Coverage / coverage

Source: Coverage/coverage.Rmd

This page ports the Chapter 4 interval-coverage simulation. We repeatedly observe one noisy measurement from a normal population with known standard deviation, then draw the estimate together with nominal 50% and 95% intervals. The gray horizontal line marks the true mean.

Simulate repeated measurements

Code

import numpy as np
import pandas as pd
import matplotlib.pyplot as plt

rng = np.random.default_rng(1507)
n_rep = 100
mu = 6.0
sigma = 4.0

est = rng.normal(loc=mu, scale=sigma, size=n_rep)
intervals = pd.DataFrame({
    "simulation": np.arange(1, n_rep + 1),
    "estimate": est,
    "lo95": est - 2.0 * sigma,
    "lo50": est - 0.67 * sigma,
    "hi50": est + 0.67 * sigma,
    "hi95": est + 2.0 * sigma,
})
intervals.head()

	simulation	estimate	lo95	lo50	hi50	hi95
0	1	10.350910	2.350910	7.670910	13.030910	18.350910
1	2	5.805426	-2.194574	3.125426	8.485426	13.805426
2	3	9.716615	1.716615	7.036615	12.396615	17.716615
3	4	7.630914	-0.369086	4.950914	10.310914	15.630914
4	5	3.866578	-4.133422	1.186578	6.546578	11.866578

Empirical coverage in this run

Code

coverage_95 = ((intervals["lo95"] <= mu) & (mu <= intervals["hi95"])).mean()
coverage_50 = ((intervals["lo50"] <= mu) & (mu <= intervals["hi50"])).mean()
round(coverage_50, 2), round(coverage_95, 2)

(np.float64(0.51), np.float64(0.95))

With only 100 simulations these proportions move around, but across many repeats they concentrate near the intervals’ nominal coverage.
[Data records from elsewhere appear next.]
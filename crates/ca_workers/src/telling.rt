//! Rounds that tell their operations, line by line.

ghost use Rattle.std.specs.Prelude.{◌≡◌, ◌<◌, true, map, All, length, IfOk, OnErr};
ghost use Rattle.ca_program.specs.View.{program_view};
ghost use Rattle.ca_beside.specs.Beside.{present};
ghost use Rattle.ca_cells.specs.Logs.{loose_in};
ghost use Rattle.ca_logs.specs.declared.log.Task.{Task};
ghost use Rattle.ca_logs.specs.Entries.{task_calls};
ghost use Rattle.ca_trace.specs.Lines.{step_of};
ghost use Rattle.ca_run.specs.Traced.{LinesBehind};
ghost use Rattle.ca_workers.specs.clauses.Runs.{BeginsAnew, IsSetting, MayWait};
ghost use Rattle.ca_workers.specs.clauses.Told.{Adds, RoundTold, ToldTo};

use crate::rounds::{FIRST_QUOTA, Rounds, next_quota};
use crate::turning::{Turn, turn_behind};
use ca_base::{Gate, Memory};
use ca_beside::Beside;
use ca_cells::RoundLog;
use ca_logs::Task;
use ca_model::Heap;
use ca_parallel::Op;
use ca_round_order::in_order;
use ca_trace::Line;
use std::alloc::{AllocError, Global};
use std::mem;
use std::sync::Wait;
use std::thread::Threads;

/// A line for each operation.
fn lines_of(alloc: Global, ops: Vec<Op>) -> Result<Vec<Line>, AllocError>
    ensures { IfOk result (λ lines. lines.items ≡ map step_of ops.items) }
{
    ops.into_iter().map(|op| Line::Step(op)).collect(alloc)
}

/// Adds the lines of a round that keeps its entries, in its order. After an error none is added.
fn add_lines(alloc: Global, log: &RoundLog, lines: &mut Vec<Line>) -> Result<(), Memory>
    requires { log.now.keeps ≡ true }
    ensures added { IfOk result (λ _. Adds lines.old.items log.now.logs.items (loose_in log.now) lines.new.items) }
    ensures kept { OnErr result (lines.new.items ≡ lines.old.items) }
{
    let ops = in_order(alloc, log.logs.as_slice(), log.loose.as_slice())?;
    let mut more = lines_of(alloc, ops)?;
    lines.append(&mut more)?;
    Ok(())
}

impl<'s, R: Threads + Wait + Sync, G: Gate + Sync> Rounds<'s, R, G> {
    /// Runs a round in cells, adds a line for each operation that ran, and takes the objects that it touched beside the heap.
    /// `None`: what waits has no complete run within the budget.
    fn tell_round(
        &self,
        frozen: &Heap,
        beside: &mut Beside,
        waiting: Vec<Task>,
        quota: u32,
        left: u64,
        lines: &mut Vec<Line>,
    ) -> Result<Option<Turn>, Memory>
        requires setting { IsSetting (program_view self.now.program.now) self.now.extent.now frozen.now }
        requires waiting { MayWait (program_view self.now.program.now) self.now.extent.now frozen.now (present frozen.now beside.old) (task_calls waiting.items) }
        requires begins { All (λ (t : Task). t.after ≡ 0) waiting.items }
        requires some { 0 < length waiting.items }
        requires quota { 0 < quota }
        ensures told { IfOk result (RoundTold (program_view self.now.program.now) frozen.now (present frozen.now beside.old) (task_calls waiting.items) left lines.old.items (present frozen.now beside.new) lines.new.items) }
        ensures begins { IfOk result BeginsAnew }
        ensures behind { LinesBehind lines.old.items lines.new.items }
    {
        let mut memory = Beside::new(self.alloc);
        let went = self.run_round(frozen, beside, waiting, quota, left, true, &mut memory)?;
        let round = match went {
            Some(round) => round,
            None => return Ok(None),
        };
        add_lines(self.alloc, &round.log, lines)?;
        let turn = turn_behind(round, beside)?;
        Ok(Some(turn))
    }

    /// Runs rounds until nothing waits, each from where the one before it ended, adds a line for each operation that ran, in an
    /// order in which they may run one by one, and tells the steps of all. The heap stays as it is; what changes is kept beside
    /// it. `None`: what waits has no complete run within the budget.
    pub fn tell_rounds(
        &self,
        frozen: &Heap,
        beside: &mut Beside,
        first: Vec<Task>,
        left: u64,
        lines: &mut Vec<Line>,
    ) -> Result<Option<u64>, Memory>
        requires setting { IsSetting (program_view self.now.program.now) self.now.extent.now frozen.now }
        requires waiting { MayWait (program_view self.now.program.now) self.now.extent.now frozen.now (present frozen.now beside.old) (task_calls first.items) }
        requires begins { All (λ (t : Task). t.after ≡ 0) first.items }
        ensures told { IfOk result (ToldTo (program_view self.now.program.now) frozen.now (present frozen.now beside.old) (task_calls first.items) left lines.old.items (present frozen.now beside.new) lines.new.items) }
        ensures behind { LinesBehind lines.old.items lines.new.items }
    {
        let mut waiting = first;
        let mut quota = FIRST_QUOTA;
        let mut still = left;
        'rounds: while waiting.len() > 0 {
            let tasks = mem::replace(&mut waiting, Vec::new(self.alloc));
            let told = self.tell_round(frozen, beside, tasks, quota, still, lines)?;
            let turn = match told {
                Some(turn) => turn,
                None => return Ok(None),
            };
            waiting = turn.rest;
            quota = next_quota(quota);
            still -= turn.steps;
        }
        Ok(Some(left - still))
    }
}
Plot estimates and intervals

Code

fig, ax = plt.subplots(figsize=(10, 5))
ax.axhline(mu, color="0.65", lw=1.5, zorder=0)
for row in intervals.itertuples(index=False):
    ax.vlines(row.simulation, row.lo95, row.hi95, color="black", lw=0.8)
    ax.vlines(row.simulation, row.lo50, row.hi50, color="black", lw=2.2)
ax.scatter(intervals["simulation"], intervals["estimate"], color="black", s=18, zorder=3)
ax.set_xlim(-2, n_rep + 2)
ax.set_xlabel("Simulation")
ax.set_ylabel("Estimate, 50%, and 95% confidence interval")
ax.spines[["top", "right"]].set_visible(False)
fig.tight_layout()

The plot matches the structure of the R version: a point estimate for each simulated experiment, a thick central interval, and a thin wider interval. Intervals missing the gray line are the visible noncoverage cases.